Data items:

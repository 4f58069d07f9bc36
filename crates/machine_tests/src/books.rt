//! A history with less room than the program gives one.

use crate::expect::{expect_eq, expect_ok};
use pool_book::Book;
use recorded::{Recorded, program_limits};
use tp_base::answers::{Answer, Outcome};
use tp_base::calls::Call;
use tp_base::ids::Who;

/// More is owed than there is room for: nothing but what is owed can be written down.
#[test]
fn room_is_none_where_more_is_owed(rt: HostRuntime) {
    let mut book = expect_ok(&rt, Book::open(rt.alloc(), program_limits(3, 2), 1));
    let told = book.step(Who::Worker(1), Call::Take);
    expect_eq(&rt, told, Outcome::Full { room: 0, cost: 1 });
    let told = book.step(Who::Client(1), Call::Finish);
    expect_eq(&rt, told, Outcome::Done(Answer::Done));
    expect_eq(&rt, (book.len(), book.room()), (1, 0));
    drop(book);
}
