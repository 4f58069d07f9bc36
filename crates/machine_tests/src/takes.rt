//! How many nodes of lists a take reads, where as many callbacks are pending as there can be.

ghost use Rattle.std.specs.Prelude.{◌≡◌, ◌+◌, ◌^◌, ◌<◌, ◌≤◌};
ghost use Rattle.tp_base.specs.Ranges.{IsCallInRange};

use crate::expect::{expect_eq, expect_ok};
use pool_core::Engine;
use recorded::program_limits;
use std::process::Abort;
use steps::Steps;
use tp_base::answers::{Answer, Look, Outcome, SlotWord, TakeResult};
use tp_base::calls::{Call, Environ, Priority};
use tp_base::ids::{GroupId, ObjectId, PoolId, RoutineId, Who};
use tp_base::plans::Change;

const PENDING: u64 = 8_192;

const TAKES: u64 = 2_000_000;

const ROOM: u64 = 65_536;

// A callback of the default pool, without an object.
fn submit(persistent: bool) -> Call
    ensures { IsCallInRange result }
{
    Call::SubmitSimple {
        routine: RoutineId(1),
        context: 70,
        env: Environ {
            pool: PoolId(0),
            group: GroupId(0),
            cancel: RoutineId(0),
            priority: Priority::Normal,
            long: false,
            persistent,
        },
    }
}

// Makes a call, which comes to this.
fn check_step(
    rt: &impl Abort,
    engine: &mut Engine,
    change: &mut Change,
    who: Who,
    call: Call,
    wanted: Answer,
)
    requires { IsCallInRange call }
{
    assert!(rt; engine.age() < 1 << 47);
    let mut told = Outcome::Look(Look::Stay);
    engine.step_into(who, &call, ROOM, &mut told, change);
    expect_eq(rt, told, Outcome::Done(wanted));
}

// What the take of worker 1 comes to. However many callbacks are pending, its steps are four at most.
fn counted_take(engine: &mut Engine, change: &mut Change, steps: &mut Steps) -> Outcome
    requires { engine.old.age < 2 ^ 47 }
    ensures { steps.new ≤ steps.old + 4 }
{
    let mut told = Outcome::Look(Look::Stay);
    engine.step_counted(Who::Worker(1), &Call::Take, ROOM, &mut told, change, steps);
    told
}

// Submits the callback of this number, behind all that are pending. Those of even numbers are persistent, so that of the two
// queues now the one and now the other has the older callback.
fn check_submit(rt: &impl Abort, engine: &mut Engine, change: &mut Change, number: u64) {
    let queued = Answer::Queued {
        first: number,
        count: 1,
    };
    check_step(
        rt,
        engine,
        change,
        Who::Client(1),
        submit(number % 2 == 0),
        queued,
    );
}

// The callback of this number is the first: worker 1 takes it.
fn check_take(rt: &impl Abort, engine: &mut Engine, change: &mut Change, number: u64) {
    assert!(rt; engine.age() < 1 << 47);
    let taken = Answer::Taken {
        callback: number,
        object: ObjectId(0),
        routine: RoutineId(1),
        context: 70,
        result: TakeResult::Plain,
    };
    let told = counted_take(engine, change, &mut Steps::new());
    expect_eq(rt, told, Outcome::Done(taken));
}

#[test]
fn two_million_are_taken_in_four_steps_each(rt: HostRuntime) {
    let mut engine = expect_ok(&rt, Engine::open(rt.alloc(), program_limits(1, 1)));
    let mut change = Change::Keep;
    let worker = Who::Worker(1);
    for made in 0..PENDING {
        check_submit(&rt, &mut engine, &mut change, made + 1);
    }
    let attached = Answer::Attached { pool: PoolId(0) };
    check_step(
        &rt,
        &mut engine,
        &mut change,
        worker,
        Call::Attach,
        attached,
    );
    let returned = Answer::Returned {
        section: SlotWord::Unasked,
        mutex: SlotWord::Unasked,
        semaphore: SlotWord::Unasked,
        event: SlotWord::Unasked,
        first: 0,
        count: 0,
    };
    for taken in 0..TAKES {
        check_take(&rt, &mut engine, &mut change, taken + 1);
        check_step(
            &rt,
            &mut engine,
            &mut change,
            worker,
            Call::Return,
            returned,
        );
        check_submit(&rt, &mut engine, &mut change, PENDING + taken + 1);
    }
    drop(engine);
}
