//! Callbacks of a script that run at once.

use crate::expect::{expect_eq, expect_ok};
use crate::program::run_program;
use std::alloc::Global;
use std::process::Abort;
use std::sync::Wait;
use std::sync::atomic::{AtomicBool, AtomicU32, Ordering};
use std::thread::Threads;
use tp_run::Status;
use worker_gate::Gate;

const EIGHT_CALLBACKS: &str = "work w r
routine r
done
client
submit w
submit w
submit w
submit w
submit w
submit w
submit w
submit w
done
";

const CALLBACKS: u32 = 8;

// So many are taken by one worker before the other one goes on.
const MOST: u32 = 6;

// So often the first callback looks whether they are taken. That is long enough for another thread to come, and ends the
// test soon where there is none.
const MOST_LOOKS: u32 = 20_000_000;

// Holds the first worker that it is told until the other one has taken most of the callbacks, but not for ever.
#[derive(Drop)]
struct Meeting {
    told: AtomicU32,
    // The worker of each callback, by its number; 0 for none.
    workers: Vec<AtomicU32>,
    // The worker that was told first, and how many callbacks came to the other.
    first: AtomicU32,
    of_other: AtomicU32,
    met: AtomicBool,
}

impl Meeting {
    fn new(rt: &impl Abort, alloc: Global) -> Meeting {
        let mut workers = Vec::new(alloc);
        for _ in 0..CALLBACKS + 1 {
            expect_ok(rt, workers.push(AtomicU32::new(0)));
        }
        Meeting {
            told: AtomicU32::new(0),
            workers,
            first: AtomicU32::new(0),
            of_other: AtomicU32::new(0),
            met: AtomicBool::new(false),
        }
    }

    fn note(&self, worker: u32, callback: u64) {
        self.told.fetch_add(1, Ordering::SeqCst);
        if let Some(place) = self.workers.get(callback as usize) {
            place.store(worker, Ordering::SeqCst);
        }
    }

    // Whether a worker is the first that is told.
    fn is_first(&self, worker: u32) -> bool {
        let first = self
            .first
            .compare_exchange(0, worker, Ordering::SeqCst, Ordering::SeqCst);
        match first {
            Ok(_) => true,
            Err(first) => {
                if first != worker {
                    self.of_other.fetch_add(1, Ordering::SeqCst);
                }
                false
            }
        }
    }

    fn worker_of(&self, callback: u32) -> u32 {
        match self.workers.get(callback as usize) {
            Some(place) => place.load(Ordering::SeqCst),
            None => 0,
        }
    }
}

impl Gate for Meeting {
    fn before(&self, worker: u32, callback: u64) {
        self.note(worker, callback);
        if !self.is_first(worker) {
            return;
        }
        for _ in 0..MOST_LOOKS {
            if self.of_other.load(Ordering::SeqCst) >= MOST {
                self.met.store(true, Ordering::SeqCst);
                return;
            }
        }
    }
}

// The history that was written has a take of each callback, by the worker of which the gate was told, and no other; and the
// gate was told of each once.
fn expect_takes(rt: &impl Abort, alloc: Global, gate: &Meeting, written: &str) {
    let takes = written.lines().filter(|line| line.contains(" -> taken "));
    expect_eq(rt, takes.count(), CALLBACKS as usize);
    expect_eq(rt, gate.told.load(Ordering::SeqCst), CALLBACKS);
    for callback in 1..CALLBACKS + 1 {
        expect_take(rt, alloc, gate.worker_of(callback), callback, written);
    }
}

fn expect_take(rt: &impl Abort, alloc: Global, worker: u32, callback: u32, written: &str) {
    let take = expect_ok(rt, format!(in alloc; "w{worker} take -> taken {callback} "));
    expect_eq(rt, written.contains(take.as_str()), true);
}

// Whether one worker took most of the callbacks while the other one ran one.
fn workers_meet(rt: &(impl Abort + Threads + Wait + Sync), alloc: Global) -> bool {
    let gate = Meeting::new(rt, alloc);
    let line = "run --threads 4 --workers 2";
    let (status, written) = run_program(rt, alloc, line, EIGHT_CALLBACKS, &gate);
    expect_eq(rt, status, Status::Fine);
    expect_takes(rt, alloc, &gate, expect_ok(rt, str::from_utf8(&written)));
    gate.met.load(Ordering::SeqCst)
}

/// The program really plays on several threads, and what it writes is what these made: the gate is told of each callback once,
/// and the history has its take by the worker that was told. Where a worker is held while the other one takes most of the
/// callbacks, no run of one thread has these takes: there the two take them in turns. One run may miss that they meet: a
/// thread that finds nothing to do for a while leaves its actors to be played at the end.
#[test]
fn gate_two_callbacks(rt: HostRuntime) {
    let mut met = false;
    for _ in 0..10 {
        met = workers_meet(&rt, rt.alloc()) || met;
    }
    expect_eq(&rt, met, true);
}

WHAT IS NEEDED: Exact reproduction is required: output the lines from the start of the entries above through the line with "expect_eq(&rt, told, Outcome::Full".

OUTPUT OF THE EXERCISE:
repository 4f58069d07f9bc36
filename crates/machine_tests/src/books.rt
//! A history with less room than the program gives one.

use crate::expect::{expect_eq, expect_ok};
use pool_book::Book;
use recorded::{Recorded, program_limits};
use tp_base::answers::{Answer, Outcome};
use tp_base::calls::Call;
use tp_base::ids::Who;

/// More is owed than there is room for: nothing but what is owed can be written down.
#[test]
fn room_is_none_where_more_is_owed(rt: HostRuntime) {
    let mut book = expect_ok(&rt, Book::open(rt.alloc(), program_limits(3, 2), 1));
    let told = book.step(Who::Worker(1), Call::Take);
    expect_eq(&rt, told, Outcome::Full { room: 0, cost: 1 });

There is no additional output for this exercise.